Search code examples
matlabvectorrepeatrun-length-encoding

Repeat elements of vector


I have a value vector A containing elements i, for example:

A = [0.1 0.2 0.3 0.4 0.5]; and say r = [5 2 3 2 1];

Now I want to create a new vector Anew containing r(i) repetitions of the values i in A, such that the first r(1)=5 items in Anew have value A(1) and the length of the new vector is sum(r). Thus:

Anew = [0.1 0.1 0.1 0.1 0.1 0.2 0.2 0.3 0.3 0.3 0.4 0.4 0.5]

I am sure this can be done with an elaborate for-loop combining e.g. repmat, but any chance someone knows how to do this in a smoother way?


Solution

  • As far as I'm aware, there is no equivalent function to do that in MATLAB, though R has rep that can do that for you.... so jealous.

    In any case, the only way I can suggest is to run a for loop with repmat as you suggested. However, you can perhaps do arrayfun instead if you want to do this as a one-liner... well it's technically two to do the post-processing required to get this into a single vector.
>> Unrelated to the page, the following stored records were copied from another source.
//! The part of a book that clocks read.

ghost use Rattle.std.specs.Prelude.{◌≡◌};
ghost use Rattle.pm_clocks.specs.Clocked.{is_slave};

use pm_base::{Mode, NodeId, Unit};
use pm_clock_tree::Scene;
use pm_core::Book;
use pm_procs::same_mode;
use pm_topology::Kind;

/// A book as the clocks read it.
#[derive(Drop)]
pub(crate) struct BookScene<'b> {
    pub(crate) book: &'b Book,
}

impl<'b> Scene for BookScene<'b> {
    ghost use Rattle.pm_clocks.specs.Clocked.{view_of};

    ghost seen = { λ scene. view_of scene.book.now };

    /// Whether a master is off in the book.
    fn is_off(&self, master: NodeId) -> bool {
        same_mode(self.book.master_mode(master), Mode::Off)
    }

    /// Whether the object in force lets a master use a slave: the master then has a row on it.
    fn may_use(&self, master: NodeId, slave: NodeId) -> bool {
        self.book.row(master, slave).is_some()
    }

    /// Whether a node is a slave in a state other than 0.
    fn is_on(&self, slave: NodeId) -> bool {
        is_slave(self.book.topology().kind(slave)) && self.book.value(Unit::Node(slave)) != 0
    }
}

/// Whether a node is a slave.
fn is_slave(kind: Kind) -> bool
    ensures { result ≡ is_slave kind }
{
    matches!(kind, Kind::Slave(_))
}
As such, you can try this:

    Anew = arrayfun(@(x) repmat(A(x), r(x), 1), 1:numel(A), 'uni', 0);
    Anew = vertcat(Anew{:});
    

    This essentially does the for loop and concatenation of the replicated vectors with less code. We go through each pair of values in A and r and spit out replicated vectors. Each of them will be in a cell array, which is why vertcat is required to put it all into one vector.

    We get:

    Anew =
    
        0.1000
        0.1000
        0.1000
        0.1000
        0.1000
        0.2000
        0.2000
        0.3000
        0.3000
        0.3000
        0.4000
        0.4000
        0.5000
    

    Take note that other people have tried something similar to what you're doing in this post: A similar function to R's rep in Matlab. This is essentially mimicking R's way of doing rep, which is what you want to do!
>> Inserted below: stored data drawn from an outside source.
//! Tests of stops of the machine at a failing call of the disk: an opening on each outcome that the stop may have.

use crate::memory::{failing_disk, stop_with};
use crate::store::journals::{attempt, listed, put_records};
use crate::store::stores::Store;
use crate::store::words::{Reported, Word, put, put_number, put_once, reported_bad};
use diskmodel::{CallKind, Disk, MemDisk};
use std::alloc::{AllocError, Global};

/// A byte that occurs in no test case.
const OTHER: u8 = 0x99;

/// A file on which a journal is opened, the records that are then appended, and the device call that is set to fail; the number 0 sets
/// none.
#[derive(Clone, Copy)]
struct Trial<'a> {
    alloc: Global,
    file: &'a [u8],
    records: &'a [Word],
    kind: CallKind,
    count: u64,
}

impl Store<'_> {
    /// `stops CALL COUNT RECORD ..` opens the file and appends the records, with the count-th of these calls set to fail.
    pub fn report_stops(&mut self, words: &[Word], answer: &mut String) -> Reported {
        let [Word::Call(kind), Word::Number(count), records @ ..] = words else {
            return reported_bad(answer);
        };
        let (alloc, file, kind, count) = (self.alloc, self.disk.bytes(), *kind, *count);
        let trial = Trial {
            alloc,
            file,
            records,
            kind,
            count,
        };
        trial.write_to(answer)
    }
}

impl Trial<'_> {
    /// Adds the answers of the opening and the append, how many outcomes a stop has after them, and what an opening on each outcome gives.
    /// No answer is added twice.
    fn write_to(&self, answer: &mut String) -> Reported {
        let found = outcomes(self.alloc, &self.play(answer)?)?;
        put(answer, ", outcomes");
        put_number(answer, found.len() as u64);
        put(answer, "\n");
        for outcome in &found {
            put_once(answer, self.after_stop(outcome)?.as_str());
        }
        Ok(())
    }

    /// Opens the journal and appends the records. Returns the disk; no call of it is set to fail any more.
    fn play(&self, text: &mut String) -> Result<MemDisk, AllocError> {
        let records = listed(self.alloc, self.records)?;
        let disk = failing_disk(self.alloc, self.file, self.kind, self.count)?;
        let (mut disk, _) = attempt(self.alloc, disk, records, text)?;
        if self.count > 0 && !text.as_str().ends_with("2 Device") && !fails(&mut disk, self.kind) {
            put(text, ", and none failed");
        }
        Ok(disk)
    }

    /// What an opening gives after a stop that leaves these bytes.
    fn after_stop(&self, outcome: &[u8]) -> Result<String, AllocError> {
        let mut text = String::new(self.alloc);
        let mut disk = self.play(&mut text)?;
        text.clear();
        stop_with(self.alloc, &mut disk, outcome)?;
        if disk.bytes() != outcome {
            put(&mut text, "other bytes, ");
        }
        let (_, found) = attempt(self.alloc, disk, None, &mut text)?;
        put_records(&mut text, &found, true);
        put(&mut text, "\n");
        Ok(text)
    }
}

/// Makes a call of this kind that changes neither bytes nor length, and returns whether it fails.
pub fn fails(disk: &mut MemDisk, kind: CallKind) -> bool {
    let len = disk.bytes().len() as u64;
    let outcome = match kind {
        CallKind::Read => disk.read_at(0, &mut []),
        CallKind::Write => disk.write_at(len, &[]),
        CallKind::Cut => disk.cut(len),
        CallKind::Sync => disk.sync(),
    };
    outcome.is_err()
}

/// The byte strings of each length that a stop may leave. For each byte three values are tried: what the last sync left, what a read
/// returns, and another byte.
fn outcomes(alloc: Global, disk: &MemDisk) -> Result<Vec<Vec<u8>>, AllocError> {
    let mut found = Vec::new(alloc);
    let mut fronts = vec![in alloc; Vec::new(alloc)]?;
    for _ in 0..=disk.bytes().len().max(disk.durable().len()) {
        let next = longer(alloc, disk, &fronts)?;
        for front in fronts {
            if disk.can_leave(&front) {
                found.push(front)?;
            }
        }
        fronts = next;
    }
    Ok(found)
}

/// From these prefixes of outcomes, those that are longer by one byte.
fn longer(alloc: Global, disk: &MemDisk, fronts: &[Vec<u8>]) -> Result<Vec<Vec<u8>>, AllocError> {
    let mut found = Vec::new(alloc);
    for front in fronts {
        lengthen(alloc, disk, front, &mut found)?;
    }
    Ok(found)
}

fn lengthen(alloc: Global, disk: &MemDisk, front: &[u8], found: &mut Vec<Vec<u8>>) -> Reported {
    for value in values_at(alloc, disk, front.len())? {
        let mut longer = front.to_vec(alloc)?;
        longer.push(value)?;
        if may_begin(alloc, disk, &longer)? {
            found.push(longer)?;
        }
    }
    Ok(())
}

fn values_at(alloc: Global, disk: &MemDisk, place: usize) -> Result<Vec<u8>, AllocError> {
    let mut values = Vec::new(alloc);
    add_value(&mut values, disk.durable().get(place))?;
    add_value(&mut values, disk.bytes().get(place))?;
    add_value(&mut values, Some(&OTHER))?;
    Ok(values)
}

fn add_value(values: &mut Vec<u8>, value: Option<&u8>) -> Reported {
    match value {
        Some(value) if !values.contains(value) => Ok(values.push(*value)?),
        _ => Ok(()),
    }
}

/// Whether a stop may leave a file that begins with this prefix and goes on with the bytes that a read returns.
fn may_begin(alloc: Global, disk: &MemDisk, front: &[u8]) -> Result<bool, AllocError> {
    let mut bytes = front.to_vec(alloc)?;
    if let Some(rest) = disk.bytes().get(front.len()..) {
        bytes.extend_from_slice(rest)?;
    }
    Ok(disk.can_leave(&bytes))
}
    Alternative - Using for loops

    Because of @Divakar's benchmarking, I'm curious to see how pre-allocating the array, then using an actual for loop to iterate through A and r and populate it by indexing would benchmark. As such, the equivalent code to the above using for loops and indexing would be:

    Anew = zeros(sum(r), 1);
    counter = 1;
    for idx = 1 : numel(r)
        Anew(counter : counter + r(idx) - 1) = A(idx);
        counter = counter + r(idx);
    end
    

    We would need a variable that keeps track of where we need to insert elements in the array, which is stored in counter. We offset this by the total number of elements to replicate per number, which is stored in each value of r.

    As such, this method completely avoids using repmat and just uses indexing to generate our replicated vectors instead.


    Benchmarking (à la Divakar)

    Building on top of Divakar's benchmarking code, I actually tried running all of the tests on my machine, in addition to the for loop approach. I simply used his benchmarking code with the same test cases.

    These are the timing results I get per algorithm:

    Case #1 - N = 4000, max_repeat = 4000

    -------------------  With arrayfun
    Elapsed time is 1.202805 seconds.
    -------------------  With cumsum
    Elapsed time is 1.691591 seconds.
    -------------------  With bsxfun
    Elapsed time is 0.835201 seconds.
    -------------------  With for loop
    Elapsed time is 0.136628 seconds.
    

    Case #2 - N = 10000, max_repeat = 1000

    -------------------  With arrayfun
    Elapsed time is 2.117631 seconds.
    -------------------  With cumsum
    Elapsed time is 1.080247 seconds.
    -------------------  With bsxfun
    Elapsed time is 0.540892 seconds.
    -------------------  With for loop
    Elapsed time is 0.127728 seconds.
    

    In these cases, cumsum actually beats out arrayfun... which is what I originally expected. bsxfun beats everyone else out, except for the for loop. My guess is with the differing times in arrayfun between myself and Divakar, we are running our code on different architectures. I'm currently running my tests using MATLAB R2013a on a Mac OS X 10.9.5 MacBook Pro machine.

    As we can see, the for loop is much quicker. I know for a fact that when it comes to indexing operations in a for loop, the JIT kicks in and gives you better performance.